Yord (Charlie Barnett) hält Osha nach wie vor für gefährlich, während diese einen ersten Kontakt zu Meister Sols Padawan-Schülerin Jecki (Dafne Keen) knüpft. Als die Jedi von dem Vorfall auf Olega erfahren, bleibt Yord trotz des Alibis, das dieser Osha verschafft, ihr gegenüber misstrauisch. Sol (Lee Jung-jae) erhält den Auftrag, gemeinsam mit Yord und Jecki sowie Osha nach Olega zu fliegen und zu ermitteln.
Dort tritt Mae an ihren schmierigen Komplizen, den Exschmuggler Qimir (Manny Jacinto, „The Good Place“) heran, der die Apotheke nahe des Jedi-Tempels übernommen hat. Er ist in ihre Pläne, nach Torbin noch zwei weitere Jedi zu töten, eingeweiht und mischt in Maes Auftrag ein tödliches Gift zusammen, mit dem sie den Meditierenden töten will.
Auf Olega angekommen, können Osha, Sol, Yord und Jecki das Straßenkind ausfindig machen und erhalten dadurch die endgültige Bestätigung dafür, dass Mae die Attentäterin ist. Diese ist inzwischen erneut in den Jedi-Tempel eingedrungen, wo Torbin erwacht. Nachdem er Mae um Verzeihung gebeten hat, trinkt er Qimirs Gift und stirbt. Osha, die kurz darauf eintrifft, gerät erneut in den Verdacht, dafür verantwortlich zu sein, wird jedoch von Yord entlastet, der sie nicht aus den Augen gelassen hat.
Zunächst tritt Osha auf Qimir zu, der sie einen Moment lang für Mae hält und wichtige Informationen offenbart. Er verrät ihnen zwar nicht, wer Maes behelmter Meister ist und was seine Ziele sind. Doch erfahren sie, dass sie den Tod zweier weiterer Jedi plant, von denen einer Meister Sol ist.

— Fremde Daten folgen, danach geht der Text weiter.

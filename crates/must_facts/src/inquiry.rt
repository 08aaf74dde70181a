//! What is asked.
use accepted::Accepted;
use log_text::LogText;
use plain_data::{Bounds, Fact};

/// An accepted source within bounds, a log, the facts that are asked of the runs that print it, and how many conflicts
/// each question may take.
#[derive(Clone, Copy)]
pub struct Inquiry<'a> {
    pub program: &'a Accepted,
    pub bounds: &'a Bounds,
    pub log: &'a LogText,
    pub facts: &'a [Fact],
    pub conflicts: u32,
}
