//! The diagnosis of an accepted source and a log: a verdict on each fact, with its evidence.
#![tactic(auto)]

mod diagnosing;
mod fault;
mod inquiry;
mod known;
mod weighing;
mod whole;

pub use diagnosing::diagnose;
pub use fault::DiagnoseFault;
pub use inquiry::Inquiry;
pub use whole::{Diagnosed, diagnose_source};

Am Abend will Mae erneut zu Qimir gehen und wird von Sol gestellt. Während des Kampfes, zu dem sich wenig später auch Yord hinzugesellt erfährt Mae, dass ihre Schwester noch am Leben ist. Allerdings kann sie die beiden Jedi überlisten und sich der Verhaftung entziehen.
Auf der Flucht kommt es zu einer kurzen Wiederbegegnung der beiden Schwestern, bei der Osha es nicht fertigbringt, auf Mae zu schießen. Diese setzt ihre Flucht fort.

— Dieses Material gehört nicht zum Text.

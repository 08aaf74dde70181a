//! From an accepted source and a log to the diagnosis.
ghost use Rattle.std.specs.Prelude.{◌≡◌, ◌↔◌, ◌≤◌, ◌<◌, Err, IfOk, true};
ghost use Rattle.must_facts.specs.Inquiries.{IsDiagnosed, IsFound, IsQueryOf, RunsAlong, measure_of};
ghost use Rattle.must_facts.specs.declared.fault.DiagnoseFault.TheVariants.{TooLarge};

use crate::diagnosing::diagnose;
use crate::fault::DiagnoseFault;
use crate::inquiry::Inquiry;
use accepted::Accepted;
use cnf_core::Formula;
use core_tree::Core;
use diagnoses::Diagnosis;
use log_expr::end_table;
use log_text::LogText;
use plain_data::{Bounds, Fact, Facts};
use program_facts::facts_of;
use query_core::{Query, Target};
use replayer::unrolled_size;
use run_formula::{Watch, run_formula, watches_of};
use std::alloc::{AllocError, Global};
use term_bank::Bank;

/// The greatest measure that is followed.
const MAX_MEASURE: u64 = 2_000_000;

/// The facts of a source along a log, with a verdict on each.
#[derive(Drop)]
pub struct Diagnosed {
    pub facts: Facts,
    pub diagnosis: Diagnosis,
    /// The clauses that say that a run fits; refutations and trails are over them.
    pub run: Formula,
}

/// A program within bounds whose runs are walked along a log, and the facts that are asked of them.
#[derive(Clone, Copy)]
struct Walked<'a> {
    core: &'a Core,
    bounds: &'a Bounds,
    log: &'a LogText,
    facts: &'a [Fact],
    watches: &'a [Watch],
}

/// Whether the nodes that a source unrolls to, once for each line of a log and once for its end, are followed.
fn is_within(
    alloc: Global,
    program: &Accepted,
    bounds: &Bounds,
    log: &LogText,
) -> Result<bool, AllocError>
    ensures { IfOk result (λ b. (b ≡ true) ↔ (measure_of program.now bounds.now log.now ≤ 2000000)) }
{
    let Some(positions) = (log.line_count() as u64).checked_add(1) else {
        return Err(AllocError);
    };
    let most = MAX_MEASURE / positions;
    let size = unrolled_size(alloc, program, bounds, most + 1)?;
    if size <= most {
        return Ok(true);
    }
    Ok(false)
}

/// The query over the runs of a program along a log.
fn query_of(alloc: Global, walked: &Walked<'_>) -> Result<Query, DiagnoseFault>
    ensures query { IfOk result (λ q. RunsAlong walked.now.core.now walked.now.bounds.now walked.now.log.now
        walked.now.facts.now q) }
    ensures small { result ≡ Err TooLarge → ⊥ }
{
    let Walked {
        core,
        bounds,
        log,
        facts,
        watches,
    } = *walked;
    let ends = end_table(alloc, core, log.bytes(), bounds)?;
    let mut bank = Bank::new(alloc);
    let mut walks = 0;
    let formula = run_formula(
        alloc, core, log, bounds, &ends, facts, watches, &mut bank, &mut walks,
    )?;
    match Query::new(alloc, formula, bank)? {
        Some(query) => Ok(query),
        None => Err(DiagnoseFault::Unwalked),
    }
}

/// A diagnosis by a query, and the clauses that say that a run fits.
#[derive(Drop)]
struct Found {
    diagnosis: Diagnosis,
    run: Formula,
}

/// What is found by a query.
fn found_by(alloc: Global, inquiry: &Inquiry<'_>, query: &mut Query) -> Result<Found, DiagnoseFault>
    requires query { IsQueryOf inquiry.now query.old }
    ensures found { IfOk result (IsFound inquiry.now query.old) }
    ensures small { result ≡ Err TooLarge → ⊥ }
{
    let diagnosis = diagnose(alloc, inquiry, query)?;
    let run = query.claim_formula(alloc, Target::Fits)?;
    Ok(Found { diagnosis, run })
}

/// The diagnosis of an accepted source and a log, by at most so many conflicts a question; by line, the sides of
/// branches and the calls are facts of each line too.
///
/// `TooLarge` comes exactly where the source unrolls to more nodes than are followed, over the lines of the log.
/// `Unwalked` comes where the walk doesn't do what a step of the program does yet.
pub fn diagnose_source(
    alloc: Global,
    program: &Accepted,
    bounds: &Bounds,
    log: &LogText,
    conflicts: u32,
    by_line: bool,
) -> Result<Diagnosed, DiagnoseFault>
    ensures diagnosed { IfOk result (IsDiagnosed program.now bounds.now log.now conflicts by_line) }
    ensures within { IfOk result (λ _. measure_of program.now bounds.now log.now ≤ 2000000) }
    ensures large { result ≡ Err TooLarge → 2000000 < measure_of program.now bounds.now log.now }
{
    if !is_within(alloc, program, bounds, log)? {
        return Err(DiagnoseFault::TooLarge);
    }
    let facts = facts_of(alloc, &program.core, log, by_line)?;
    let watches = watches_of(alloc, &facts)?;
    let walked = Walked {
        core: &program.core,
        bounds,
        log,
        facts: facts.facts.as_slice(),
        watches: watches.as_slice(),
    };
    let mut query = query_of(alloc, &walked)?;
    let inquiry = Inquiry {
        program,
        bounds,
        log,
        facts: facts.facts.as_slice(),
        conflicts,
    };
    let outcome = found_by(alloc, &inquiry, &mut query);
    query.discard();
    let found = outcome?;
    let Found { diagnosis, run } = found;
    Ok(Diagnosed {
        facts,
        diagnosis,
        run,
    })
}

Sol erhält von Meisterin Vernestra (Rebecca Henderson) die Order, nach Coruscant zurückzukehren, anstatt die Verfolgung aufzunehmen.
Mae macht sich auf den Weg zu einem weiteren Jedi, der auf ihrer Todesliste steht. Es handelt sich um den in der Macht begabten Wookiee Kelnacca (Joonas Suotamo, in den neuen Kinofilmen von „Star Wars“: Chewbacca), der in einem Raumschiffwrack auf dem Dschungelplaneten Khofar lebt.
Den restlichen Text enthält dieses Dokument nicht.